There is not enough room in this windows to tell you everything good about LEM. The log monitoring across the enterprise, compliance, and KPI monitoring. It has a good dashboard.

I wish they had taken the time to plan out the development in to SolarWinds Orion suite so it was all one product rather than a running appliance in my virtual cluster

Node Health, compliance, and i like to call that Audit protection. We have a series of audits we go through annually. The addition of LEM has enabled us to quickly generate reports and show how good or how bad we are doing but also reduces the amount of time spent with the Auditors as they can see we are addressing it and work with us to find resolutions vs picking us apart for what we don't do. Being able to Zero in on issues like never before has opened my eyes and now keeps me awake at night to the reality of the threats and issues facing me and my limited team each day. Automatic notifications and help ticket generation has also been something that assists us knowing we are reducing guess work to fact check.

Compliance, IT Operations, and dashboards. These tools are essential for knowing and preventing security issues before they are major issues. The Dashboard is your guide. The ability to create custom monitors on the fly and all the builtin logic behind LEM is simply amazing. I had no idea what i did not know. The only trouble i have now is having enough time to spend using it properly in my Small IT shop.

SolarWinds has a great suite of software, and LEM is one of the jewels. however they as of yet have failed to fully integrate it in to the Orion package. you have to have it on a separate browser tab, and although the Dashboard is fantastic, not being able to put it in Orion prevents the NOC from building a Dashboard with LEM data on it with other data from other applications in Orion.

This software allowed us to pass an audit requirement for logging and retrieval of data. We also have been able to use it to notify us of penetration tests and various other events that need immediate attention.

This is a single point for all of your logging needs. The agents make collecting non-syslog data easy and very manageable. There are a lot of alerts, searches, and such that are included out of the box. The platform scales well and allows for a lot of data to be logged and searched. There are multiple users and each can configure their own alerts and notifications. Being able to customize the notifications is a very big plus.

Log and Event Manager can be very unwieldy and grow too large very quickly. The search building is not that intuitive and the logic sometimes fails in the queries when building them. If you have to search through a large number of events, it can be quite slow and take 30+ minuted to return results.

Easy to set up devices Easy to set up features Lots of security rules templates that are used in different standards (PCI DSS, SOX, Best practices...)

The price is a little high The licence is for 30 devices minimum, so, you can have to pay for something that you don't use

It is easy to setup and use. I use this for auditing on systems and all of the data collects on a Syslog Server also from SolarWinds. It provides me with all of the data I need and is very reliable for the most part.

When it stops working it is almost impossible to get it to work again. I have had a handful of systems where the client stopped working and no matter how many times I uninstall and reinstall it does not work again. Also in the selection menu to pick what you want to log it tends to take forever and locks up a lot.

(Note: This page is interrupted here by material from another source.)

// How many vertices an edge would relabel, read before anything is written: document 02's quote.
// Its functions take the tables that they read or write one by one, and no others: the type says what stays, and no loop reads a pointer again.
#![tactic(auto)]

pub mod counts;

Helpful display and insight of your application and systems logs.

Allow to setup triggers, alerts, and email base on any keyword or filters that you want to setup to filer out the logs. Agent base installation make it itself, no configuration required on systems side.

Difficult to configure the settings / filters for different OS type. Default disk storage on allow support up to 3TB, you will have to find an alternative solution to ship the logs to another disk / location if your logs are over 3TB.

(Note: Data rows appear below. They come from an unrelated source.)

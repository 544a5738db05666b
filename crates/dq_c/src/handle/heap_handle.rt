//! A box as its pointer and its allocator.
ghost use Rattle.std.specs.Prelude.{◌≡◌};
ghost use Rattle.std.specs.Box.Ownership.{box_owns};

use std::alloc::Allocator;
use std::marker::Model;

/// What a box owns, as a pointer and an allocator.
pub struct HeapHandle<T, A: Allocator> {
    pub(super) ptr: *mut T,
    pub(super) alloc: A,
    pub ghost value: { T },
}

impl<T, A: Allocator> Model for HeapHandle<T, A> {
    ghost also_owns = { λ h. box_owns (A.dealloc_token h.alloc) T.row h.ptr h.value };
}

impl<T, A: Allocator> HeapHandle<T, A> {
    /// The handle of what the box owns.
    pub fn of(boxed: Box<T, A>) -> HeapHandle<T, A>
    where
        T: Drop,
        ensures { result.value ≡ boxed.value }
    {
        let (ptr, alloc) = Box::into_raw_with_allocator(boxed);
        HeapHandle { ptr, alloc }
    }

    /// The box again.
    pub fn into_box(self) -> Box<T, A>
        ensures { result.value ≡ self.value }
    {
        let HeapHandle { ptr, alloc } = self;
        unsafe { Box::from_raw(alloc, ptr) }
    }
}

It can alert those who need to be, to USB devices, and any log alert that you could want. It captures pretty much every log you want, and you can stop it from capturing those you don't want.

It has a bit of a learning curve on a few features, but with the walk through they did with us, that wasn't really a problem.

Logs on the fly - which can be essential to my job. There isn't much to really complain about this program. If you do run in to any issues, you can always ask support or just make a post on the forums and the THWACK community will help.

Ease of use has always been Symantec's forte, but the real winner here is the legendary THWACK community that supports Solarwinds. The app itself does that it needs to, logs and manages events.

Lets your set filters on the log and display certain type of logs based on the filter you have set. Depends on what you want to view, they allow you to show the more important logs

The selection of what you want is tricky. Requires more research or help. A lot of logs you can view or have sent to emails.